Others participating in the research include Sneha Berry, Benjamin F. Green, Elizabeth Engle, Haiying Xu, Aleksandra Ogurtsova, Seyoun Park, Elizabeth M. Jaffee, Leslie Cope, Evan J. Lipson, Ludmila Danilova, Robert A. Anders and Drew M. Pardoll of the Bloomberg~Kimmel Institute for Cancer Immunotherapy and the Mark Center for Advanced Genomics and Imaging at Johns Hopkins University; Nicolas A. Giraldo, Tricia R. Cottrell, Julie E. Stein, Qingfeng Zhu, Alexander Baras, Angelo DeMarzo, Peter Nguyen, Charles Roberts, Daphne Wang, Sigfredo Soto-Diaz, Jose Loyola, Inbal B. Sander, Danielle Signer, Joel C. Sunshine and Suzanne L. Topalian, of the Kimmel Cancer Center and Bloomberg~Kimmel Institute for Cancer Immunotherapy, Johns Hopkins University School of Medicine; Joshua Doyle, Richard Wilton, Jeffrey S. Roskes and Margaret Eminizer of the Institute for Data Intensive Engineering and Science at Johns Hopkins University; and Pok Fai Wong, Shlomit Jessel, Harriet Kluger and David Rimm of the Yale School of Medicine.

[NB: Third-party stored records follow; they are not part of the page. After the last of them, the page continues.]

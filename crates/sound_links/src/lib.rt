// Links between pages, for the check: the header, the freed chain, the root, and the pages that are followed from it.
#![tactic(auto)]

ghost use Rattle.std.specs.Prelude.{◌≤◌};
ghost use Rattle.pagestore.specs.Store.{view_of, page_at};
ghost use Rattle.sound_faults.specs.Faults.{RootFill, FailsAt};
ghost use Rattle.sound_faults.specs.Linked.{HeaderFine};
ghost use Rattle.lists.specs.Judges.{Decides, Judges};
ghost use Rattle.sound_links.specs.Marks.{Clear, Follows, Ready, Grown, FreedOk};

use geometry::MAX_FEATURES;
use pagestore::{
    count_at, entry_at, features_of, freed_head, fresh_page, in_range, index_size, level_at,
    link_at, page_count, root_level, root_page,
};
use pagestore_page::{MAX_ITEMS, MIN_ITEMS, PAGE_SIZE};
use sound_keys::item_count;

// The most features, and the records or entries of a page, as their bytes say them.
const FEATURES: u8 = MAX_FEATURES as u8;

const LEAST: u8 = MIN_ITEMS as u8;

const MOST: u8 = MAX_ITEMS as u8;

// Do the header's fields have no fault, each by itself?
pub fn header_fine(index: &[u8]) -> bool
    ensures { Judges (HeaderFine (view_of index.now)) (FailsAt (view_of index.now) 0) result }
{
    if index_size(index) as usize * PAGE_SIZE != index.len() {
        return false;
    }
    let d = features_of(index);
    if d < 1 {
        return false;
    }
    if FEATURES < d {
        return false;
    }
    let fresh = fresh_page(index);
    if page_count(index) < fresh {
        return false;
    }
    let root = root_page(index);
    if root == 0 {
        return false;
    }
    if fresh <= root {
        return false;
    }
    level_at(index, root) == root_level(index)
}

// Does the chain of freed pages have no fault? Marks its pages.
pub fn walk_freed(index: &[u8], freed: &mut [u8]) -> bool
    requires { Clear (view_of index.now) freed.old × ((view_of index.now).fresh ≤ (view_of index.now).count) }
    ensures { Judges (FreedOk (view_of index.now) freed.new) (FailsAt (view_of index.now) 0) result }
{
    let pages = page_count(index);
    let fresh = fresh_page(index);
    let mut q = freed_head(index);
    for k in 0..pages {
        if q == 0 {
            return true;
        }
        if fresh <= q {
            return false;
        }
        let at = q as usize;
        if freed[at] == 1 {
            return false;
        }
        freed[at] = 1;
        q = link_at(index, q);
    }
    q == 0
}

// Is the root rightly filled?
pub fn root_filled(index: &[u8], root: u32) -> bool
    ensures { Decides (RootFill (page_at index.now root)) result }
{
    let n = count_at(index, root);
    if MOST < n {
        return false;
    }
    if level_at(index, root) == 0 {
        return true;
    }
    2 <= n
}

// Is page c in range, one level below `above` and rightly filled?
pub fn may_follow(index: &[u8], c: u32, above: u8) -> bool
    ensures { Decides (Follows (view_of index.now) above c) result }
{
    if !in_range(index, c) {
        return false;
    }
    let level = level_at(index, c);
    if above <= level {
        return false;
    }
    if above - level != 1 {
        return false;
    }
    let n = count_at(index, c);
    if n < LEAST {
        return false;
    }
    n <= MOST
}

// Marks the page, which has the level, after the pages to be followed from it.
pub fn reach(index: &[u8], page: u32, level: u8, marks: &mut [u16])
    requires { Ready (view_of index.now) marks.old page level }
    ensures { Grown (view_of index.now) marks.old marks.new page }
{
    let at = page as usize;
    if marks[at] != 0 {
        return;
    }
    if level == 0 {
        marks[at] = 1;
        return;
    }
    for i in 0..item_count(index, page) {
        let e = entry_at(index, page, i);
        let c = e.child;
        if may_follow(index, c, level) {
            reach(index, c, level - 1, marks);
        }
    }
    marks[at] = u16::from(level) + 1;
}
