// Insertion into the tree. Each function is total, whatever the index holds.
#![tactic(auto)]

mod insertion;
mod roots;

pub use roots::insert;
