// Insertion below a page: the leaf, and what the pages above it become.
ghost use Rattle.std.specs.Prelude.{◌≡◌, [], ◌∷◌, ◌≤◌};
ghost use Rattle.pagestore.specs.Store.{entries_in};
ghost use Rattle.tree_model.specs.Inserting.{replaced};
ghost use Rattle.tree_core.specs.Entries.{inner_entry};
ghost use Rattle.tree_core.specs.Held.{Held};
ghost use Rattle.tree_core.specs.Insertion.{put, write_inner, insert_at};
ghost use Rattle.tree_core.specs.CodeTerms.{grown_list, RewriteDone};

use pagestore::{Entry, Inner, filled, inner_at, set_inner};
use pagestore_page::no_entry;
use tree_core::{Grown, Ranked, child_of, choose_at, inner_entry};
use tree_insert_leaf::{insert_leaf, put_items};
use tree_items::{Inners, MAX_GATHERED, splice_grown};

// A page with the entry at one place anew.
fn renewed(inner: Inner, level: u8, i: usize, e: Entry) -> Inner
    requires { (i ≤ 15) × (i ≤ inner.count) }
    ensures { (result.level ≡ level) × Held result.count result.entries (replaced i (e ∷ []) (entries_in inner)) }
{
    let mut entries = inner.entries;
    entries[i] = e;
    Inner {
        level,
        count: filled(inner.count).max(i + 1),
        entries,
    }
}

// A page whose child has not split.
fn put_entry(index: &mut [u8], page: u32, level: u8, inner: Inner, i: usize, e: Entry) -> Grown
    requires { (i ≤ 15) × (i ≤ inner.count) }
    ensures { RewriteDone (put (write_inner level) inner_entry index.old page (replaced i (e ∷ []) (entries_in inner)))
        index.new result }
{
    let next = renewed(inner, level, i, e);
    set_inner(index, page, next);
    Grown::One(inner_entry(page, next))
}

// A page, with what its child has become in the child's place.
fn put_inner(index: &mut [u8], page: u32, level: u8, inner: Inner, i: usize, grown: Grown) -> Grown
    requires { (i ≤ 15) × (i ≤ inner.count) }
    ensures { RewriteDone (put (write_inner level) inner_entry index.old page
        (replaced i (grown_list grown) (entries_in inner))) index.new result }
{
    if let Grown::One(e) = grown {
        return put_entry(index, page, level, inner, i, e);
    }
    let entries = &inner.entries[..filled(inner.count)];
    let mut all = [no_entry(); MAX_GATHERED];
    let n = splice_grown(&mut all, entries, i, i + 1, grown);
    put_items(Inners { level }, index, page, &all[..n])
}

// Inserts a record below a page; the level falls at each call.
pub fn insert_at(index: &mut [u8], page: u32, level: u8, x: Ranked) -> Grown
    ensures { RewriteDone (insert_at x.features level index.old page x.stored) index.new result }
{
    if level == 0 {
        return insert_leaf(index, page, x);
    }
    let inner = inner_at(index, page);
    let i = choose_at(index, page, x.rank);
    let child = child_of(index, page, i);
    let grown = insert_at(index, child, level - 1, x);
    put_inner(index, page, level, inner, i, grown)
}
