// The theory of a best-first search of leaves, in specs/ alone, stated over any kind of row and of leaf.
#![tactic(auto)]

The research was supported by funding from The Mark Foundation for Cancer Research; the Bloomberg~Kimmel Institute for Cancer Immunotherapy,; the Melanoma Research Alliance; the Harry J. Lloyd Charitable Trust; the Emerson Collective; Moving for Melanoma of Delaware; the Barney Family Foundation; the Laverna Hahn Charitable Trust; Bristol Myers Squibb; Sidney Kimmel Cancer Center Core Grant P30 CA006973; National Cancer Institute R01 CA142779; National Institutes of Health T32 CA193145 and P50 CA062924.
Funding and materials for the study described in press release were partially provided by Bristol Myers Squibb. Equipment and reagents for the study described in this press release were partially provided by Akoya Biosciences. Drs. Janis Taube and Evan Lipson are consultants and advisory board members for Bristol Myers Squibb. Dr. Robert Anders is a consultant to Bristol Myers Squibb. Drs. Taube and Alexander Szalay are consultants to Akoya Biosciences. Drs. Taube and Szalay also serve on the advisory board of Akoya Biosciences and hold stock in Akoya Biosciences. There is a patent pending related to image processing of mIF/IHC images. These arrangements has been reviewed and approved by the Johns Hopkins University in accordance with its conflict of interest policies.